_TASK TO CARRY OUT:_ Every entry should be reproduced word for word.

_Saved data entries:_

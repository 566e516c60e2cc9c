// Each ticket's rows are a whole plan exactly where every row finds its successor: as mathematics.
// It stands in specs/; the crate has no code to run.
#![tactic(auto)]

pub fn same(x: u32) -> u32 {
    x
}
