// Whether a head is one of ours, as field staff ask: it lists the battery service, it does not, or it cannot be told.
use adv_presence::Presence;
use uuid_value::Uuid;

const BATTERY: u16 = 0x180F;

// Lists of 16-bit services: with 180F, without it, and incomplete.
const WITH: [u8; 6] = [0x05, 0x03, 0x0A, 0x18, 0x0F, 0x18];

const WITHOUT: [u8; 4] = [0x03, 0x03, 0x0A, 0x18];

const INCOMPLETE: [u8; 4] = [0x03, 0x02, 0x0A, 0x18];

// A list of two services, cut after the first.
const CUT: [u8; 4] = [0x05, 0x03, 0x0A, 0x18];

fn verdict(p: Presence) {
    match p {
        Presence::Listed => tool_say::line(b": listed, so it is ours"),
        Presence::Absent => tool_say::line(b": absent, so it is not ours"),
        Presence::Unknown => tool_say::line(b": unknown, so it may be ours: ask it"),
    }
}

fn head(what: &[u8], data: &[u8], response: &[u8]) {
    tool_say::text(what);
    tool_say::bytes(data);
    if !response.is_empty() {
        tool_say::text(b", then scan response");
        tool_say::bytes(response);
    }
    verdict(adv_presence::service_presence(data, response, Uuid::from(BATTERY)));
}

pub fn heads() {
    let with = WITH;
    let without = WITHOUT;
    let incomplete = INCOMPLETE;
    let cut = CUT;
    tool_say::line(b"");
    tool_say::line(b"Which heads have the battery service, 180F?");
    head(b"  A complete list,", &with, b"");
    head(b"  A complete list,", &without, b"");
    head(b"  An incomplete list,", &incomplete, b"");
    head(b"  A list that is cut,", &cut, b"");
    head(b"  An incomplete list,", &incomplete, &with);
}
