// ATT PDUs of a fixed length, each built whole; those with a range of handles stand in att_requests. A PDU with a value is
// written where it goes: l2cap::att_frame.
#![tactic(auto)]

ghost use Rattle.std.specs.Prelude.{◌≡◌, ◌∷◌};
ghost use Rattle.bytes_base.specs.Bytes.{le_bytes};
ghost use Rattle.att_pdu.specs.Pdu.{
  att_error,
  exchange_mtu_req,
  exchange_mtu_rsp,
  read_req,
  confirmation,
};

pub mod err;
pub mod op;

// Core Vol 3 Part F 3.2.8: the ATT_MTU of a link on which none was exchanged, and the least that one may be.
pub const DEFAULT_MTU: u16 = 23;

// Core Vol 3 Part F 3.2.2: no handle is after this one.
pub const LAST_HANDLE: u16 = 0xFFFF;

// What an answer with entries leaves: the table after it, the handle of the last entry read, and whether an entry had no place.
#[derive(Clone, Copy)]
pub struct Found<T> {
    pub table: T,
    pub last: u16,
    pub full: bool,
}

// An opcode and one number.
fn with_number(opcode: u8, a: u16) -> [u8; 3]
    ensures { result ≡ opcode ∷ le_bytes 2 a }
{
    let [lo, hi] = a.to_le_bytes();
    [opcode, lo, hi]
}

pub fn att_error(request: u8, handle: u16, code: u8) -> [u8; 5]
    ensures { result ≡ att_error request handle code }
{
    let [lo, hi] = handle.to_le_bytes();
    [op::ERROR_RSP, request, lo, hi, code]
}

pub fn exchange_mtu_req(mtu: u16) -> [u8; 3]
    ensures { result ≡ exchange_mtu_req mtu }
{
    with_number(op::EXCHANGE_MTU_REQ, mtu)
}

pub fn exchange_mtu_rsp(mtu: u16) -> [u8; 3]
    ensures { result ≡ exchange_mtu_rsp mtu }
{
    with_number(op::EXCHANGE_MTU_RSP, mtu)
}

pub fn read_req(handle: u16) -> [u8; 3]
    ensures { result ≡ read_req handle }
{
    with_number(op::READ_REQ, handle)
}

pub fn confirmation() -> [u8; 1]
    ensures { result ≡ confirmation }
{
    [op::HANDLE_VALUE_CFM]
}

_TASK ANSWER:_
repository 566e516c60e2cc9c
// Each ticket's rows are a whole plan exactly where every row finds its successor: as mathematics.
// It stands in specs/; the crate has no code to run.
#![tactic(auto)]

pub fn same(x: u32) -> u32 {
    x
}
// Whether a head is one of ours, as field staff ask: it lists the battery service, it does not, or it cannot be told.
use adv_presence::Presence;
use uuid_value::Uuid;

const BATTERY: u16 = 0x180F;

// Lists of 16-bit services: with 180F, without it, and incomplete.
const WITH: [u8; 6] = [0x05, 0x03, 0x0A, 0x18, 0x0F, 0x18];

const WITHOUT: [u8; 4] = [0x03, 0x03, 0x0A, 0x18];

const INCOMPLETE: [u8; 4] = [0x03, 0x02, 0x0A, 0x18];

// A list of two services, cut after the first.
const CUT: [u8; 4] = [0x05, 0x03, 0x0A, 0x18];

fn verdict(p: Presence) {
    match p {
        Presence::Listed => tool_say::line(b": listed, so it is ours"),
        Presence::Absent => tool_say::line(b": absent, so it is not ours"),
        Presence::Unknown => tool_say::line(b": unknown, so it may be ours: ask it"),
    }
}

fn head(what: &[u8], data: &[u8], response: &[u8]) {
    tool_say::text(what);
    tool_say::bytes(data);
    if !response.is_empty() {
        tool_say::text(b", then scan response");
        tool_say::bytes(response);
    }
    verdict(adv_presence::service_presence(data, response, Uuid::from(BATTERY)));
}

pub fn heads() {
    let with = WITH;
    let without = WITHOUT;
    let incomplete = INCOMPLETE;
    let cut = CUT;
    tool_say::line(b"");
    tool_say::line(b"Which heads have the battery service, 180F?");
    head(b"  A complete list,", &with, b"");
    head(b"  A complete list,", &without, b"");
    head(b"  An incomplete list,", &incomplete, b"");
    head(b"  A list that is cut,", &cut, b"");
    head(b"  An incomplete list,", &incomplete, &with);
}
// ATT PDUs of a fixed length, each built whole; those with a range of handles stand in att_requests. A PDU with a value is
// written where it goes: l2cap::att_frame.
#![tactic(auto)]

ghost use Rattle.std.specs.Prelude.{◌≡◌, ◌∷◌};
ghost use Rattle.bytes_base.specs.Bytes.{le_bytes};
ghost use Rattle.att_pdu.specs.Pdu.{
  att_error,
  exchange_mtu_req,
  exchange_mtu_rsp,
  read_req,
  confirmation,
};

pub mod err;
pub mod op;

// Core Vol 3 Part F 3.2.8: the ATT_MTU of a link on which none was exchanged, and the least that one may be.
pub const DEFAULT_MTU: u16 = 23;

// Core Vol 3 Part F 3.2.2: no handle is after this one.
pub const LAST_HANDLE: u16 = 0xFFFF;

// What an answer with entries leaves: the table after it, the handle of the last entry read, and whether an entry had no place.
#[derive(Clone, Copy)]
pub struct Found<T> {
    pub table: T,
    pub last: u16,
    pub full: bool,
}

// An opcode and one number.
fn with_number(opcode: u8, a: u16) -> [u8; 3]
    ensures { result ≡ opcode ∷ le_bytes 2 a }
{
    let [lo, hi] = a.to_le_bytes();
    [opcode, lo, hi]
}

pub fn att_error(request: u8, handle: u16, code: u8) -> [u8; 5]
    ensures { result ≡ att_error request handle code }
{
    let [lo, hi] = handle.to_le_bytes();
    [op::ERROR_RSP, request, lo, hi, code]
}

pub fn exchange_mtu_req(mtu: u16) -> [u8; 3]
    ensures { result ≡ exchange_mtu_req mtu }
{
    with_number(op::EXCHANGE_MTU_REQ, mtu)
}

pub fn exchange_mtu_rsp(mtu: u16) -> [u8; 3]
    ensures { result ≡ exchange_mtu_rsp mtu }
{
    with_number(op::EXCHANGE_MTU_RSP, mtu)
}

pub fn read_req(handle: u16) -> [u8; 3]
    ensures { result ≡ read_req handle }
{
    with_number(op::READ_REQ, handle)
}

pub fn confirmation() -> [u8; 1]
    ensures { result ≡ confirmation }
{
    [op::HANDLE_VALUE_CFM]
}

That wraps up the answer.